Gabi menatap kesal pada pria didepannya kini. Mereka dulu berteman baik tapi tidak lagi. Ia juga merasa terkhianati setelah apa yang dilakukan Sean pada Irene. Walau keinginannya sangat besar untuk bicara ataupun memukul wajah Sean sepuasnya karena sudah membuat Irene menangis kali ini, tapi kondisi sahabatnya lebih penting dari itu. Gabi menyusul Irene dengan cepat.
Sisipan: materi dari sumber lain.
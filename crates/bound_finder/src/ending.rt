//! What is answered of a method, once all that may run while it does is found.
ghost use Rattle.std.specs.Prelude.{◌≡◌, ◌≢◌, ◌<◌, ◌≤◌, length, All, Some, IfNone, IfOk, IfErr, IfSome};
ghost use Rattle.certificates.specs.declared.lines.line.SectionKind.TheVariants.{Alone};
ghost use Rattle.certificates.specs.Certificate.{IsInGrammar};
ghost use Rattle.bound_rules.specs.Bounding.{KeepSize};
ghost use Rattle.bound_rules.specs.Conditions.{MeetsConditions};
ghost use Rattle.bound_rules.specs.Numbers.{IsPrinted};
ghost use Rattle.compact_walks.specs.Limited.{cycles_limit};
ghost use Rattle.bound_finder.specs.Certified.{AreEmptyIfEndless};
ghost use Rattle.bound_finder.specs.Ending.{AreKnownWithin, AreReadyFound, IsMethodBound, IsPastLimit, IsPrintedBy, IsPrintedSmall};
ghost use Rattle.bound_finder.specs.Known.{bounds_in, ForEach};
ghost use Rattle.bound_finder.specs.Ready.{IsSizeCause};

use super::known::Known;
use super::methods::{Methods, lesser};
use super::task::Task;
use bound_rules::BoundRefusal;
use certificates::Cert;

/// What `bound` answers of a method.
#[derive(Clone, Copy)]
pub enum MethodBound {
    /// So many cycles are printed of it, or that it can't end.
    Printed(Option<u64>),
    /// A number is past 64 bits, and this is the least of all methods that may run of which one is.
    TooLarge(u32),
}

/// A number, where it is within 64 bits.
fn narrowed(n: u128) -> Option<u64>
    ensures some { IfSome result (λ x. x ≡ n) }
    ensures none { IfNone result (cycles_limit ≤ n) }
{
    if n <= u64::MAX as u128 {
        Some(n as u64)
    } else {
        None
    }
}

/// What is printed of a method whose number with all loads is this, or none where that is past 64 bits.
fn printed_small(task: &Task<'_>, full: Option<u64>) -> Option<Option<u64>>
    ensures some { IfSome result (IsPrintedSmall task.now full) }
    ensures none { IfNone result (IsPastLimit task.now full) }
{
    match task.printed(full) {
        Some(n) => match narrowed(n) {
            Some(n) => Some(Some(n)),
            None => None,
        },
        None => Some(None),
    }
}

/// What is printed of a method whose number with all loads is this, or none where one of them is past 64 bits.
fn bound_of(task: &Task<'_>, full: Option<u128>) -> Option<Option<u64>>
    ensures some { IfSome result (IsPrintedSmall task.now full) }
    ensures none { IfNone result (IsPastLimit task.now full) }
{
    match full {
        Some(n) => match narrowed(n) {
            Some(n) => printed_small(task, Some(n)),
            None => None,
        },
        None => printed_small(task, None),
    }
}

/// What is answered of the method `m`, where this is known of all that may run while it does, and `least` is the least of them of
/// which a number is too large.
pub fn method_bound(task: &Task<'_>, table: &[Known], least: Option<u32>, m: u32) -> MethodBound
    requires method { m < length table.now }
    requires known { ForEach task.now (λ P. AreKnownWithin P task.now.timing (bounds_in task.now) table.now least m) }
    ensures bound { ForEach task.now (λ P. IsMethodBound P task.now.timing (bounds_in task.now) m result) }
    ensures printed { IsPrintedBy task.now table.now least m result }
{
    bound_rules::laws::printed_is_told();
    match (bound_of(task, table[m as usize].full), least) {
        (Some(bound), None) => MethodBound::Printed(bound),
        (Some(_), Some(x)) => MethodBound::TooLarge(x),
        (None, least) => MethodBound::TooLarge(lesser(least, m)),
    }
}

/// The certificate of the root, or the least method of which a number is too large.
pub fn certificate(task: &Task<'_>, root: u32, all: Methods) -> Result<Cert, BoundRefusal>
    requires root { root < length task.now.flow.methods }
    requires found { AreReadyFound task.now root all }
    ensures grammar { IfOk result (λ c. IsInGrammar c × (c.version ≡ 2) × (c.root ≡ root)) }
    ensures meets { IfOk result (λ c. ForEach task.now (λ P. MeetsConditions P task.now.timing (bounds_in task.now) c)) }
    ensures kinds { IfOk result (λ c. All (λ s. s.kind ≢ Alone) c.sections) }
    ensures empty { IfOk result (λ c. ForEach task.now (λ P. AreEmptyIfEndless P c.sections)) }
    ensures printed { IfOk result (λ c. ForEach task.now (λ P. IsPrinted P task.now.timing (bounds_in task.now) root c.bound)) }
    ensures kept { IfOk result (λ _. ForEach task.now (λ P. KeepSize P task.now.timing (bounds_in task.now) root)) }
    ensures cause { IfErr result (λ e. ForEach task.now (λ P. IsSizeCause P task.now.timing (bounds_in task.now) root e)) }
{
    let Methods {
        table,
        least,
        sections,
    } = all;
    match method_bound(task, &table, least, root) {
        MethodBound::Printed(bound) => Ok(Cert::new(2, root, sections, bound)),
        MethodBound::TooLarge(m) => Err(BoundRefusal::TooLarge(m)),
    }
}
Mendesah berat, Sean hanya bisa menatap punggung Irene yang semakin menjauh dan akhirnya menghilang dari penglihatannya. Ia harap Irene akan baik-baik saja.

"Irene? Apa yang kau minum?—" Gabi kaget dan ingin melarangnya tapi terlambat. Irene menelan dua butir obatnya. Ia membutuhkan obat itu sekarang. Untuk meluruskan pikirannya. Menenangkan hatinya dan juga tubuhnya yang tegang. "Ya Tuhan, Irene! Ayo ikut aku." ia membantu Irene yang menangis keras dan mulai hilang kendali itu untuk berdiri dari kursi tunggu dan membawanya ke satu kamar kosong. Beruntung lorong ini tidak ada orang. Irene terus menggumamkan kata-kata tapi Gabi tidak mengerti. Matanya nanar melihat keadaan teman baiknya ini. Pelukan Irene kepadanya sangat kuat dan ia menangis seperti anak kecil. "Aku teman yang jahat.." Gabi melihat botol obat digenggamannya dan mendesah. Ia seharusnya tau. "Maafkan aku, Irene."

Setelah mendapat kamar untuk Irene, Gabi keluar dan kembali dengan membawa air putih lalu membantunya untuk minum.

"Hei, bernafaslah, lihat aku Irene, tarik nafas dalam." perintahnya dan Irene menurut. Ia bisa tenang untuk beberapa saat.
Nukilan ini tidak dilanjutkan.